Run the following command to list the contents of the /etc/passwd file.

cat /etc/passwd

There is a lot of content. But perhaps you only want to look at the line that contains a user named root, or a user named ubuntu. Run the following command to search for the those usernames in the output of the cat command.

cat /etc/passwd | grep root
cat /etc/passwd | grep ubuntu

In this case, the grep command is missing the file name. This is because the grep command is getting its input from the cat command. The | symbol is called a pipe.
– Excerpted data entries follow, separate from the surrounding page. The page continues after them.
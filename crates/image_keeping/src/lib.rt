//! An image at a path, and what a crash leaves there.
//!
//! The layer above may rely on this: where `keep` ends well, a crash leaves the image that it was
//! given, and nothing else; whatever it answers, each outcome of a crash was one before, or is that
//! image; and where it lacked memory or space, each was one before. A keeper doesn't say what is
//! kept: it says what a crash may leave, and `IsKept` is made of that. A crash inside of a call is
//! read as a folder whose later calls all fail and change nothing, so the clauses that hold for
//! each answer speak of it; that step is an argument in writing. Of a real folder nothing is said.
#![tactic(auto)]

mod folder;
mod keeper;
mod memory;
mod whole;

pub use folder::{Folder, FolderError};
pub use keeper::{KeepError, Keeper};
pub use memory::MemoryFolder;
pub use whole::WholeImage;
It tells Linux to take the output of the command on the left and use it as input for the command on the right.
List the files in the /dev/ directory. The /dev/ directory contains files that represent hardware devices.

ls /dev/

There are a lot of files in this directory. Perhaps you only want to see the files that represent hard drives. Run the following command to search for the character c in the output of the ls command.

ls /dev/ | grep c

Many Linux commands produce text output. Grep searches text. Therefore, grep can be paired with many Linux commands.

Regular Expressions

Regular expressions are search patterns. There is nothing "regular" about them. The name is basically a historical artifact. Regular expressions are used in many programming languages and tools, including Linux.

Here are some common elements of regular expressions:

. - match any character
* - match zero or more of the previous character
+ - match one or more of the previous character
? - match zero or one of the previous character
^ - match the beginning of a line
$ - match the end of a line
[] - match any character in the brackets
\ - escape character. This is used to escape special characters. For example, \. would match a literal period.

There are more regular expression elements, but these are common,

Ensure that your working directory is the linux_finding directory.

cd ~/cyfunfiles/linux_finding

The ,s[a-z]*@ regular expression searches for email addresses in the file that start with the letter s.

grep -E ,s[a-z]*@ customer_data.txt

The email address is always preceded by a comma in this particular file, so the search starts with a comma. Then, the letter s is used to indicate that an s should immediately follow. Brackets are used to define character sets. In this case, [a-z] says to match any character from a to z. The * means "zero or more of the previous character." The @ is a literal @ symbol. So in plain English, look for a comma followed by an s, followed by zero or more letters from a to z, followed by an @ symbol.
The following grep command looks for a single digit at the start of a line, followed by a comma.

grep ^[0-9], customer_data.txt

You could find multiple numbers followed by a comma by adding the *.

grep ^[0-9]*, customer_data.txt

The following grep command looks for any ID that ends with the number 5.

grep ^[0-9]*5, customer_data.txt

The following grep command looks for any line that ends with the letter "x."

grep x$ customer_data.txt

Here, the dollar sign means "end of line."

Challenge

Find entries in the /var/www/html/index.html for lines that contain the word "please."
- Find words that contain "Please" with a capital P in the same file.
- Look at the grep manual to find a way to perform a case-insensitive search.
How many employees work for the company "Tavu?" The file customer_data.txt in the linux_finding directory contains customer information.
Use grep to look for hardware devices that have "cd" in the name. (The /dev/ directory contains files that represent hardware devices.)
The following regular expression to look for a social security number is flawed. How can you fix it?

echo "123-45-3820" | grep [0-9]?-[0-9]?-[0-9]?

When would it be most useful to search by file name?
When would it be most useful to search for content within files?

Key Terms

grep: A command-line utility in Unix-like operating systems used to search for specific patterns within files. It stands for "Global Regular Expression Print" and allows users to filter and display lines in a file that match a given regular expression or string.
Regular Expressions: A sequence of characters that define a search pattern, often used for pattern matching within strings. Regular expressions are powerful tools for text processing, allowing complex search and replace operations. They are used in various programming languages and tools, including grep, sed, and text editors.